ATカット型の水晶片11は、X軸方向に平行な長辺が延在する長辺方向と、Z´軸方向に平行な短辺が延在する短辺方向と、Y´軸方向に平行な厚さが延在する厚さ方向を有する板状である。水晶片11の上面11Aを平面視したとき、水晶片11の平面形状は矩形状をなしており、水晶片11は、中央に位置し励振に寄与する励振部17と、励振部17に隣接する周辺部18,19とを有している。励振部17及び周辺部18,19は、それぞれ、水晶片11のZ´軸方向に沿った全幅に亘って帯状に形成されている。周辺部18は励振部17の-X軸方向側に位置し、周辺部19は励振部17の+X軸方向側に位置している。
なお、上面11Aを平面視したときの水晶片11の平面形状は矩形状に限定されるものではない。水晶片11の平面形状は、多角形状、円形状、楕円形状又はこれらの組合せであってもよい。水晶片11の平面形状は音叉形状であってもよい。言い換えると、水晶片11が、基部と、基部から並行に延出する振動腕部とを有してもよい。水晶片11には、振動漏れや応力伝搬を抑制する目的でスリットが形成されてもよい。水晶片11の励振部17及び周辺部18,19の形状も全幅に亘る帯状に限定されるものではない。例えば、励振部の平面形状は、Z´軸方向においても周辺部と隣接する島状であってもよく、周辺部の平面形状は、励振部を囲む枠状に形成されてもよい。
水晶片11は、励振部17の厚さが周辺部18,19の厚さよりも大きい、いわゆるメサ型構造である。メサ型構造の水晶片11によれば、励振部17からの振動漏れが抑制できる。水晶片11は両面メサ型構造であり、上面11A及び下面11Bの両側において、励振部17が周辺部18,19から突出している。励振部17と周辺部18との境界、及び、励振部17と周辺部19との境界は、厚みが連続的に変化するテーパ形状をなすが、厚みの変化が不連続な階段形状をなしてもよい。当該境界は、厚みの変化量が連続的に変化するコンベックス形状、又は厚みの変化量が不連続に変化するベベル形状であってもよい。なお、水晶片11は、上面11A又は下面11Bの片側において励振部17が周辺部18,19から突出する片面メサ型構造であってもよい。また、水晶片11は、励振部17の厚さが周辺部18,19の厚さよりも小さい、いわゆる逆メサ型構造であってもよい。
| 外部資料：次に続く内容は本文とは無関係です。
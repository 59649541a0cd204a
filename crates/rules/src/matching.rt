// Whether a rule matches the top-level nodes of a tree.

ghost use Rattle.std.specs.Prelude.{◌≡◌, ◌<◌};
ghost use Rattle.rules.specs.Rules.{fits, matches};
ghost use Rattle.rules.specs.Seen.{seen};
ghost use Rattle.type_nodes.specs.Stands.{NodesStand};
ghost use Rattle.rules.specs.RowSeen.{OfNodes, first_seen, shape_seen};
ghost use Rattle.rules.specs.ItemsStand.{OfItem, OfRule, SomeItem, SomeRule};

use crate::items::{AFTER_TWO, ANY, GROUP, KIND, WORD, item_end};
use crate::overlaps::item_counts;
use crate::row_text::RowText;
use rows::bytes::same_bytes;
use rows::format::current;
use rows::kinds::IDENTIFIER;
use rows::token::word;
use type_nodes::nodes::{Node, node_at, node_end};
use type_nodes::shapes::{NO_NODE, TEMPLATE_ARGUMENTS};

// The item at a byte offset takes a node of this shape, with this word if it is an identifier.
fn item_fits(table: &[u8], item: usize, shape: u8, text: &[u8]) -> bool
    requires { SomeItem table.now item }
    ensures { OfItem table.now item (λ i _. result ≡ fits i (shape_seen shape text.now)) }
{
    let byte = table[item];
    if byte == ANY {
        return true;
    }
    if byte == WORD {
        if shape != IDENTIFIER {
            return false;
        }
        let begin = item + AFTER_TWO;
        let end = item_end(table, item);
        return same_bytes(&table[begin..end], text);
    }
    if byte == KIND {
        return table[item + 1] == shape;
    }
    if byte == GROUP {
        return (NO_NODE <= shape) & (shape < TEMPLATE_ARGUMENTS);
    }
    TEMPLATE_ARGUMENTS <= shape
}

// The item at a byte offset takes the node at a place of a tree.
fn node_fits(
    table: &[u8],
    item: usize,
    row: &RowText<'_>,
    tree: &[u32],
    at: usize,
    to: usize,
) -> bool
    requires { SomeItem table.now item × (at < to) × NodesStand tree.now row.now.kinds.now at to }
    ensures { OfNodes row.now.file.now row.now.kinds.now row.now.places.now tree.now at to (λ ts x. OfItem table.now item (λ i _. result ≡ fits i (first_seen ts x))) }
{
    let found = node_at(tree, row.kinds, at, to);
    let Some(
        Node {
            shape,
            token,
            next: _,
        },
    ) = found
    else {
        return false;
    };
    let place = row.places[token] as usize;
    item_fits(table, item, shape, word(current(), row.file, place))
}

// The rule whose items stand at a byte offset, up to its record's end, matches all top-level nodes of a tree.
pub fn rule_matches(
    table: &[u8],
    end: usize,
    begin: usize,
    row: &RowText<'_>,
    tree: &[u32],
    nodes: usize,
) -> bool
    requires { SomeRule table.now end begin × NodesStand tree.now row.now.kinds.now 0 nodes }
    ensures { OfNodes row.now.file.now row.now.kinds.now row.now.places.now tree.now 0 nodes (λ ts x. OfRule table.now end begin (λ p. result ≡ matches p (seen ts x))) }
{
    let mut item = begin;
    let mut at = 0;
    while item_counts(table, end, item) {
        if nodes <= at {
            return false;
        }
        if !node_fits(table, item, row, tree, at, nodes) {
            return false;
        }
        item = item_end(table, item);
        at = node_end(tree, row.kinds, at, nodes);
    }
    if item < end {
        return true;
    }
    nodes <= at
}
第1励振電極14a及び第2励振電極14bは、励振部17に設けられている。第1励振電極14aは水晶片11の上面11A側に設けられ、第2励振電極14bは水晶片11の下面11B側に設けられている。言い換えると、第1励振電極14aは水晶片11の蓋部材40側の主面に設けられ、第2励振電極14bは水晶片11のベース部材30側の主面に設けられている。第1励振電極14a及び第2励振電極14bは、水晶片11を挟んで互いに対向している。水晶片11の上面11Aを平面視したとき、第1励振電極14a及び第2励振電極14bは、それぞれ矩形状をなしており、互いの略全体が重なり合うように配置されている。第1励振電極14a及び第2励振電極14bは、それぞれ、水晶片11のZ´軸方向に沿った全幅に亘って帯状に形成されている。一対の電極を構成する第1励振電極14a及び第2励振電極14bのそれぞれは、水晶片11を挟んで互いに対向する各電極に相当する。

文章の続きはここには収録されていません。